** What you should do **
In the records below, find each line holding the word "text" and copy it.

** Data to process **
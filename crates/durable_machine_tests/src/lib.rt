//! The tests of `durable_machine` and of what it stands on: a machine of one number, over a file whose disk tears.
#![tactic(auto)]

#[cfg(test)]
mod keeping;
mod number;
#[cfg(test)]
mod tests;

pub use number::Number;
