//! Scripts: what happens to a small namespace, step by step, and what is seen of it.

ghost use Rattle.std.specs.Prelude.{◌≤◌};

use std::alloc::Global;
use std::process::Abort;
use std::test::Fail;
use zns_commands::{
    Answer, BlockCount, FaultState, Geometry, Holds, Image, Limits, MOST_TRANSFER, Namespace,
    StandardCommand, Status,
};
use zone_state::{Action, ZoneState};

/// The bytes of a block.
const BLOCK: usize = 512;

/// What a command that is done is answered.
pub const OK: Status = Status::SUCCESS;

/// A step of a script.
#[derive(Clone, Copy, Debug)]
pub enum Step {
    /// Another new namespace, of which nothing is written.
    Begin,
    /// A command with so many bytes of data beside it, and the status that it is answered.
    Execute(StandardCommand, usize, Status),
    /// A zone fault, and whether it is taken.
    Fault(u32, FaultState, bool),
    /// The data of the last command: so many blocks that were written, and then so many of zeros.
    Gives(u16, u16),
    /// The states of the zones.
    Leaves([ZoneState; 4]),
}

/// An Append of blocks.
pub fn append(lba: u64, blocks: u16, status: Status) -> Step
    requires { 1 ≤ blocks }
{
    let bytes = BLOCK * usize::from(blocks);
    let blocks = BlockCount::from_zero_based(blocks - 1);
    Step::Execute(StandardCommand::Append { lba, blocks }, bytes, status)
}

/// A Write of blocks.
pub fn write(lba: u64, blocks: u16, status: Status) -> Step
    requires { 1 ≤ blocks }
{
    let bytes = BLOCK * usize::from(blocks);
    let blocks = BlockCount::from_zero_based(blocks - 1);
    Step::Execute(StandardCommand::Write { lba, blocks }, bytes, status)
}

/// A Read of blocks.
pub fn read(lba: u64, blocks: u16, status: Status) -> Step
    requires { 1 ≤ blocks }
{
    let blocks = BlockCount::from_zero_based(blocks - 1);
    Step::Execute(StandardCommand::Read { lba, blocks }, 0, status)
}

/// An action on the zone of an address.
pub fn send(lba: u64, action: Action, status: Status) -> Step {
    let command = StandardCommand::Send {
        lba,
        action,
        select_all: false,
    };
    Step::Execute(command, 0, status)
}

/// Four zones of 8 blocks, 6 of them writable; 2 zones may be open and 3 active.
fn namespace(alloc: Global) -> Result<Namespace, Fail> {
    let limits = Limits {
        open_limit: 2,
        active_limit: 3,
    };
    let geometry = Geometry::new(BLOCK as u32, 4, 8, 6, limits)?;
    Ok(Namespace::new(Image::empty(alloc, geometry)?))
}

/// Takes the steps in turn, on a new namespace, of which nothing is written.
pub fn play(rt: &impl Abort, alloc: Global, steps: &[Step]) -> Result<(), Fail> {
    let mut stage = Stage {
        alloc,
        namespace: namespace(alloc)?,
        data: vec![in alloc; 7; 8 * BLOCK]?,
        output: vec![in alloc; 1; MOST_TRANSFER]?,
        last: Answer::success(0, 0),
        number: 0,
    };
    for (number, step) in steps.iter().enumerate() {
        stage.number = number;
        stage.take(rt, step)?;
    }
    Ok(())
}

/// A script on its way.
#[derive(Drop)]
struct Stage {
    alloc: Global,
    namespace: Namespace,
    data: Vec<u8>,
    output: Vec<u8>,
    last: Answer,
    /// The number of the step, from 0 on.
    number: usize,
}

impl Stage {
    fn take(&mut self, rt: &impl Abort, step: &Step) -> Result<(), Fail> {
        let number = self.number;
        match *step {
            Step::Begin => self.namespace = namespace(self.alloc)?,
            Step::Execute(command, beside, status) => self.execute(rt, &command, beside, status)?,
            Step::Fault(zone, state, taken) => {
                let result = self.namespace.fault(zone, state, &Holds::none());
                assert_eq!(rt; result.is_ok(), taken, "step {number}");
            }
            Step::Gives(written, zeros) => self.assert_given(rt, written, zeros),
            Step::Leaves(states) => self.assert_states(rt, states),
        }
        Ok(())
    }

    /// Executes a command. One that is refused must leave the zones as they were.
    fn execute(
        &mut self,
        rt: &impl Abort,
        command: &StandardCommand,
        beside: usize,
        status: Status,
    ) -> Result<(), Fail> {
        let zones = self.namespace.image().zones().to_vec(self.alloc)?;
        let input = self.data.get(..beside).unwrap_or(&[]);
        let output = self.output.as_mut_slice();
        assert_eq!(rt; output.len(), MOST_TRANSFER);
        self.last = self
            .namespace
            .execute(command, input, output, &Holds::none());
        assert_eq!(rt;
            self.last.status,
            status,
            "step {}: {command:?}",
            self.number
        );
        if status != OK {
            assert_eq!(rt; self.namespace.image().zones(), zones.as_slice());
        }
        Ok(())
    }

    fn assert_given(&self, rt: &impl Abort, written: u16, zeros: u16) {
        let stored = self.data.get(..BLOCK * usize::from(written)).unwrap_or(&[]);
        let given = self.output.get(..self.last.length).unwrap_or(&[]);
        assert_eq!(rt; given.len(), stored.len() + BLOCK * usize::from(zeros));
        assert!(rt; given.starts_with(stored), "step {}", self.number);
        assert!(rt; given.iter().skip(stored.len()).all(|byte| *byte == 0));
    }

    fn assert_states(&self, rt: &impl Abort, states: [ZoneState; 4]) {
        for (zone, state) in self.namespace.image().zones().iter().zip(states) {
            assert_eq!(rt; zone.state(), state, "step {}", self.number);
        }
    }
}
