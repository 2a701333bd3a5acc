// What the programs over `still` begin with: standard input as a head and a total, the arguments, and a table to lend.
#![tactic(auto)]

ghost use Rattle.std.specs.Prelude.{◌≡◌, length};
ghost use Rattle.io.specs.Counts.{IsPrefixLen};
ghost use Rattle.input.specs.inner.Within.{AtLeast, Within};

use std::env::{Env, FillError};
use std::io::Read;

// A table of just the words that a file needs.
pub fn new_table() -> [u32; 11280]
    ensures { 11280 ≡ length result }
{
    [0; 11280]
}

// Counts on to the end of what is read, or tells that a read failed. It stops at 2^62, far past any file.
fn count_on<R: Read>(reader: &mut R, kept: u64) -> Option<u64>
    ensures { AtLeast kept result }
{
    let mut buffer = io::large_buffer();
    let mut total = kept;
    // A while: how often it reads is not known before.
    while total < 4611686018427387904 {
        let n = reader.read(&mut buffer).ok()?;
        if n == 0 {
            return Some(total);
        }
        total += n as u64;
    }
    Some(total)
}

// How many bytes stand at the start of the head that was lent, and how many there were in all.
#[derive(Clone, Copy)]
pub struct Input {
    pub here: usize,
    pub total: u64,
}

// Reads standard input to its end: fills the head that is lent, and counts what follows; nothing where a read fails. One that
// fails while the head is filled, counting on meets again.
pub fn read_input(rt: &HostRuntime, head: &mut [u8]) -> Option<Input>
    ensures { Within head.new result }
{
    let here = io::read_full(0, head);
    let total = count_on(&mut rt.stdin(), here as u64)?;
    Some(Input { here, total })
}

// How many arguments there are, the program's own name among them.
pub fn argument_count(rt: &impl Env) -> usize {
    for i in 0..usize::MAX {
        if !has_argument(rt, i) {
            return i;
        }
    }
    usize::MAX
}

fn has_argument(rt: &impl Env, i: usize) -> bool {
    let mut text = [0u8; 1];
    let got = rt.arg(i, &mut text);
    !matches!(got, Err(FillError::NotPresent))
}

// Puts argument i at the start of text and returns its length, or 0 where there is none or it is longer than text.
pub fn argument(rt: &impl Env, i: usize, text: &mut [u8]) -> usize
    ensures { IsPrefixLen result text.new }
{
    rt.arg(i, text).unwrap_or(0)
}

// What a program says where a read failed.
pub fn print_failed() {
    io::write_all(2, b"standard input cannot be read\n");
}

** Exercise result **
    let mut text = [0u8; 1];
    let got = rt.arg(i, &mut text);
// Puts argument i at the start of text and returns its length, or 0 where there is none or it is longer than text.
pub fn argument(rt: &impl Env, i: usize, text: &mut [u8]) -> usize
    ensures { IsPrefixLen result text.new }
    rt.arg(i, text).unwrap_or(0)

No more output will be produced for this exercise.